Error: In '<U+00B5>m', '<U+00B5>m' is not recognized by udunits.

I thought that this could have to do with how the command line on each OS sends the character representations over SSH. However, if I save the following script on the server (written using vim over SSH from the macOS machine):

#!/bin/Rscript

print(nchar("µm"))

And execute it over SSH from the macOS client (e.g., ssh <user>@<host> "./print_micron.R"), I get:

[1] 2

i.e., "µ" is a single two-byte character. But if I execute it from the Windows client, I get:

[1] 3

i.e., "µ" becomes two separate characters, one for each byte.

This is challenging my intuition of how executing commands on SSH works, as I would expect the behavior of R to be determined entirely by the server. Why would the client OS affect how non-ASCII characters are represented by R?


Solution

  • Your Mac probably has LANG=en_US.UTF-8 (or something similar) in the environment, which sets the default locale to use the UTF-8 encoding. It probably also has SSH configured to forward that environment variable to the server (SendEnv LANG in the SSH config). That causes R to use UTF-8 for its internal encoding and for reading source files.

    Your Windows SSH client, on the other hand, is likely not sending any such variable, and nothing on the server is defaulting it, so you get the C locale, which is ASCII-only. That causes units to not know what character B5 means (there are no characters above 7F in ASCII!), and causes the string literal in your test script to be interpreted as three characters (one per byte) instead of two.

    You should be able to see the difference by running sessionInfo() and l10n_info() from the two different clients: they will show different values for locale, codeset, and UTF-8.
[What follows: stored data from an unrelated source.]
// The expansion of a job.
ghost use Rattle.std.specs.Prelude.{◌≡◌, ◌+◌, ◌<◌, ◌^◌, ◌≤◌, IfOk, IfErr, if◌then◌else◌};
ghost use Rattle.search_jobs.specs.Explorations.{program_in};
ghost use Rattle.search_jobs.specs.Meanings.{AreOfJob};
ghost use Rattle.search_jobs.specs.Pieces.{IsPiece};
ghost use Rattle.world_model.specs.Asking.{program_of};

use crate::observer::Observer;
use crate::walk::Walk;
use core_tree::Module;
use search_jobs::{Exploration, Job, JobName, Piece, Ticket};
use std::alloc::Global;
use tree_findings::{Extent, Findings};
use world_core::WorldFault;

/// What was found, how many nodes were visited and at how many of them the tree is cut, and the jobs of the others.
#[derive(Drop)]
struct Done<'m> {
    findings: Findings,
    extent: Extent,
    rest: Vec<Job<'m>>,
}

// With one more node, at which the tree may be cut.
fn with_node(extent: Extent, is_cut: bool) -> Extent
    requires room { extent.nodes + 1 < 2 ^ 64 }
    requires fewer { extent.cut ≤ extent.nodes }
    ensures { result ≡ record { nodes = extent.nodes + 1; cut = extent.cut + (if is_cut then 1 else 0) } }
{
    let cut = if is_cut { extent.cut + 1 } else { extent.cut };
    Extent {
        nodes: extent.nodes + 1,
        cut,
    }
}

// Visits at most so many nodes of a job, depth first, at least one. `Memory` where there is no memory.
fn expanded<'m, O: Observer>(
    alloc: Global,
    program: &Module,
    job: &Job<'m>,
    budget: u64,
    observer: &O,
) -> Result<Done<'m>, WorldFault>
    requires some { 1 ≤ budget }
    requires program { program_of program.now ≡ program_in job.now.exploration }
    ensures piece { IfOk result (λ done. IsPiece job.now.exploration job.now.name done.findings done.extent done.rest.items) }
    ensures nodes { IfOk result (λ done. (1 ≤ done.extent.nodes) × (done.extent.nodes ≤ budget)) }
{
    let exploration = job.exploration();
    let mut findings = Findings::new(alloc);
    let own = job.own(alloc)?;
    let mut walk = Walk::new(alloc, program);
    observer.turn(job.number());
    let is_cut = walk.visit_first(alloc, &own, &mut findings)?;
    let mut extent = with_node(Extent { nodes: 0, cut: 0 }, is_cut);
    while extent.nodes < budget && !walk.is_over() {
        observer.turn(job.number());
        let is_cut = walk.visit_next(alloc, exploration.flags, &mut findings)?;
        extent = with_node(extent, is_cut);
    }
    let rest = walk.into_rest(alloc, exploration)?;
    Ok(Done {
        findings,
        extent,
        rest,
    })
}

/// Visits at most `budget` nodes of a job, depth first, at least one: the nodes of the job are those, and then those of
/// the jobs that are left. Worlds are made of the module, which asks what the explored one does, and of a copy of the
/// job's name, and are gone at the end: so a worker with a module of its own shares no memory with others meanwhile.
///
/// # Errors
///
/// What the job is called, where there was no memory: the job itself is spent, and what was found below it is dropped.
pub fn expand<'m, O: Observer>(
    alloc: Global,
    program: &Module,
    job: Job<'m>,
    budget: u64,
    observer: &O,
) -> Result<Piece<'m>, JobName>
    requires some { 1 ≤ budget }
    requires program { program_of program.now ≡ program_in job.exploration }
    ensures ticket { IfOk result (λ piece. piece.ticket ≡ record { number = job.entry.number; name = job.entry.name }) }
    ensures exploration { IfOk result (λ piece. piece.exploration ≡ job.entry.exploration) }
    ensures piece { IfOk result (λ piece. IsPiece job.entry.exploration job.entry.name piece.findings piece.extent piece.rest) }
    ensures shown { IfOk result (λ piece. AreOfJob job.entry.exploration job.entry.name piece.findings) }
    ensures nodes { IfOk result (λ piece. (1 ≤ piece.extent.nodes) × (piece.extent.nodes ≤ budget)) }
    ensures refused { IfErr result (λ name. name ≡ job.entry.name) }
{
    let Ok(done) = expanded(alloc, program, &job, budget, observer) else {
        return Err(job.into_name());
    };
    let Done {
        findings,
        extent,
        rest,
    } = done;
    let exploration = job.exploration();
    let ticket = Ticket {
        number: job.number(),
        name: job.into_name(),
    };
    Ok(Piece::of(ticket, exploration, findings, extent, rest))
}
    If your windows SSH client can handle UTF-8, you should be able to either

    1. Add LANG to the list of environment variables it sends to the server, if it has a config for that.
    2. Add export LANG=en_US.UTF-8 (or whatever value is appropriate for you) to your ~/.profile or ~/.bashrc on the server (or whatever you've got that gets automatically sourced when you log in).